Update Date: Oct 10, 2013 09:34 AM EDT

Alzheimer's disease is the most common form of dementia. Once it manifests, brain cells start to die and cognitive function declines. Due to the fact that there is no cure for Alzheimer's, attempting to prevent it or treating it as soon as possible are the two main methods in dealing with this disease. Even though these approaches can be effective for some people, finding a cure would be ideal. Now, in a new study done on mice models, researchers reported that they used a chemical that was capable of preventing brain cells from dying in a neurodegenerative disease.

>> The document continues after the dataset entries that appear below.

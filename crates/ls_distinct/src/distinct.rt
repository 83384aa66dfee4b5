//! The buffer of a slot in mode DISTINCT.
ghost use Rattle.std.specs.Prelude.{◌≡◌, ◌+◌, ◌-◌, ◌<◌, ◌≤◌, ℕ, List, Option, IfOk, OnOk, OnErr, IsSome};
ghost use Rattle.std.specs.Prelude.{length, drop, is_some};
ghost use Rattle.ls_value.specs.declared.row.Value.{Value as FieldValue};
ghost use Rattle.ls_value.specs.declared.limits.TheConstants.{GREATEST_NUMBER};
ghost use Rattle.ls_event.specs.Slots.{Plan};
ghost use Rattle.ls_event.specs.declared.limits.TheConstants.{MOST_BUFFER_SIZE};
ghost use Rattle.ls_event.specs.Updates.{last_of, own_row as own_row_of};
ghost use Rattle.ls_event.specs.OwnCuts.{row_taken};
ghost use Rattle.ls_event.specs.declared.event.Entry.{Entry};
ghost use Rattle.ls_distinct.specs.Distinct.{StandsDistinct, IsJoining, IsSnapshotOf, IsOfDistinct, distinct_rows};
ghost use Rattle.ls_distinct.specs.Distinct.{distinct_joining, distinct_joined_slot, distinct_head, distinct_after};
ghost use Rattle.ls_distinct.specs.Distinct.{distinct_passed, distinct_is_pending, distinct_ended, row_passed};
ghost use Rattle.ls_distinct.specs.Distinct.{distinct_updated};

use circular_buffer::HeapCircularBuffer;
use ls_event::{Event, OwnRow, Snapshot, Taken, own_row};
use ls_ring::push;
use ls_value::{NoMemory, Row};
use std::alloc::Global;
use std::marker::Model;

/// What a slot in mode DISTINCT still has to tell: the rows of the snapshot that are owed and its end, the last Clear,
/// and the last n updates since then, each with its own row. It keeps the allocator that `new` took, for all that its
/// later calls take.
#[derive(Drop)]
pub struct DistinctBuffer {
    alloc: Global,
    size: usize,
    base: u64,
    last: u64,
    cursor: u64,
    ends: bool,
    cleared: Option<u64>,
    rows: Vec<Row>,
    passed: usize,
    kept: HeapCircularBuffer<OwnRow>,
}

impl Model for DistinctBuffer {
    ghost use Rattle.std.specs.Prelude.{◌<◌, ◌≤◌, drop, length};
    ghost use Rattle.ls_distinct.specs.Distinct.{Distinct};

    ghost Value = { Distinct };

    ghost view = { λ b. record {
      size = b.size;
      base = b.base;
      last = b.last;
      cursor = b.cursor;
      ends = b.ends;
      cleared = b.cleared;
      rows = drop b.passed b.rows.items;
      kept = b.kept.items;
    } };

    ghost invariant = { λ b. (0 < b.size) × (b.kept.capacity ≤ b.size) × (b.passed ≤ length b.rows.items) };
}

impl DistinctBuffer {
    /// The buffer of a slot of size n, from 1 to [`ls_event::MOST_BUFFER_SIZE`], that joins where the item has `base`
    /// events: with the last `rows` rows of the item's snapshot and its end, or without one. Room for updates is taken
    /// as they come.
    pub fn new(
        alloc: Global,
        base: u64,
        n: u32,
        first: Option<Snapshot>,
        rows: u32,
    ) -> Result<DistinctBuffer, NoMemory>
        requires some { 0 < n }
        requires most { n ≤ MOST_BUFFER_SIZE }
        requires kind { IsOfDistinct first }
        requires enough { rows ≤ length (distinct_rows first) }
        ensures ok { IfOk result (λ b. b ≡ distinct_joining base n first rows) }

        // It stands for a fresh slot at that number, where the snapshot is the item's state.
        ensures stands { IfOk result (λ b. (p : Plan) (h : List Entry) → IsJoining base n p h
            → IsSnapshotOf h first rows → StandsDistinct b (distinct_joined_slot p first rows) h) }
    {
        let kept = HeapCircularBuffer::with_capacity(alloc, 0)?;
        let ends = first.is_some();
        let all = rows_from(alloc, first);
        let passed = all.len() - rows as usize;
        Ok(DistinctBuffer {
            alloc,
            size: n as usize,
            base,
            last: base,
            cursor: base,
            ends,
            cleared: None,
            rows: all,
            passed,
            kept,
        })
    }

    /// The number that was enqueued last; at first the item's number at joining.
    pub fn last(&self) -> u64
        ensures { result ≡ self.now.last }
    {
        self.last
    }

    /// Whether a row of the snapshot, its end or an event is in a cut to come.
    pub fn pending(&self) -> bool
        ensures { result ≡ distinct_is_pending self.now }
    {
        self.passed < self.rows.len() || self.ends || self.cursor < self.last
    }

    /// How many updates wait.
    pub fn waiting(&self) -> u64
        ensures { result ≡ length self.now.kept }
    {
        self.kept.len() as u64
    }

    /// Takes the event of the next number. After `NoMemory` it is as before.
    pub fn enqueue(&mut self, event: &Event) -> Result<(), NoMemory>
        requires { self.old.last < GREATEST_NUMBER }
        ensures ok { OnOk result (self.new ≡ distinct_after self.old event.now) }
        ensures err { OnErr result (self.new ≡ self.old) }
    {
        match event {
            Event::Update(cells) => self.keep(own_row(self.alloc, cells)?),
            Event::Clear => {
                self.last += 1;
                self.cleared = Some(self.last);
                self.kept.clear();
                Ok(())
            }
        }
    }

    /// Keeps the own row of the update of the next number.
    fn keep(&mut self, row: Row) -> Result<(), NoMemory>
        requires { self.old.last < GREATEST_NUMBER }
        ensures ok { OnOk result (self.new ≡ distinct_updated self.old row) }
        ensures err { OnErr result (self.new ≡ self.old) }
    {
        let no = self.last + 1;
        let _lost = push(&mut self.kept, OwnRow { row, no }, self.size)?;
        self.last = no;
        Ok(())
    }

    /// The next cut: where a Clear came, the snapshot's end, if it is owed, and then the Clear; else the next row of
    /// the snapshot, its end, or the own row of the first update that is kept. `None` where there is nothing of these.
    pub fn look(&self) -> Result<Option<Taken>, NoMemory>
        ensures { IfOk result (λ t. t ≡ distinct_head self.now) }
    {
        if let Some(upto) = self.cleared {
            if self.ends {
                return Ok(Some(Taken::EndOfSnapshot));
            }
            return Ok(Some(Taken::Cleared { upto }));
        }
        if self.passed < self.rows.len() {
            return Ok(Some(Taken::Row {
                row: self.rows[self.passed].copy(self.alloc)?,
                upto: self.base,
            }));
        }
        if self.ends {
            return Ok(Some(Taken::EndOfSnapshot));
        }
        match self.kept.front() {
            None => Ok(None),
            Some(own) => Ok(Some(Taken::Row {
                row: own.row.copy(self.alloc)?,
                upto: own.no,
            })),
        }
    }

    /// Moves past the next cut, of which there is one. It takes no memory.
    pub fn pass(&mut self)
        requires { IsSome (distinct_head self.old) }
        ensures { self.new ≡ distinct_passed self.old }
    {
        if let Some(upto) = self.cleared {
            if self.ends {
                self.end();
                return;
            }
            self.cursor = upto;
            self.cleared = None;
            return;
        }
        if self.passed < self.rows.len() {
            self.pass_row();
            return;
        }
        if self.ends {
            self.end();
            return;
        }
        if let Some(own) = self.kept.pop_front() {
            self.cursor = own.no;
        }
    }

    /// Moves past the next row of the snapshot.
    #[tactic(auto, using(crate::proofs::Dropped::dropped_more))]
    fn pass_row(&mut self)
        requires { 0 < length self.old.rows }
        ensures { self.new ≡ row_passed self.old }
    {
        self.passed += 1;
        self.cursor = self.base;
    }

    /// The snapshot has ended: no row of it is owed any more.
    fn end(&mut self)
        ensures { self.new ≡ distinct_ended self.old }
    {
        self.ends = false;
        self.rows.clear();
        self.passed = 0;
    }
}

/// The rows of a snapshot of mode DISTINCT, and none where there is no snapshot.
fn rows_from(alloc: Global, first: Option<Snapshot>) -> Vec<Row>
    ensures { result.items ≡ distinct_rows first }
{
    match first {
        Some(Snapshot::Distinct(rows)) => rows.into_vec(),
        _ => Vec::new(alloc),
    }
}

"This finding, I suspect, will be judged by history as a turning point in the search for medicines to control and prevent Alzheimer's disease," Professor Roger Morris from King's college London said reported by BBC News. "'I'm very excited, it's the first proof in any living animal that you can delay neurodegeneration."

For this study, the researcher from the Medical Research Council Toxicology Unit, which is located at the University of Leicester, examined the brain cells' natural defense mechanisms. When a neurodegenerative disease develops, the brain produces faulty proteins. These proteins will activate the defense mechanisms that shut down protein production, which prevents the virus from spreading. In this situation, however, the faulty protein stays longer than usual, which causes the brain to remain in shut down mode longer than it needs to be. This then causes the brain cells to starve until they die.

For this study, the research team observed mice with prion disease that developed severe memory and movement complications. The rodents had died within 12 weeks if they did not receive treatment. The mice that were given the compound, however, had brains that showed no signs of tissue damage. The compound was injected into the mice's stomachs via a mouth tube. The team is currently testing the compounds on multiple types of neurodegenerative diseases. The researchers have reported that one major issue with the compound is the side effects. Mice developed a mild form of diabetes, lost weight and had damage in their pancreas.

"They were absolutely fine, it was extraordinary," lead researcher and professor, Giovanna Mallucci said. "What's really exciting is a compound has completely prevented neurodegeneration and that's a first. This isn't the compound you would use in people, but it means we can do it and it's a start."

The researchers know that developing a compound that could be used on humans is still not possible yet. However, they believe that the findings from this study suggest that they are getting closer and closer to a cure.

"The world won't change tomorrow, but this is a landmark study," Morris added.

The study was published in Science Translation Medicine.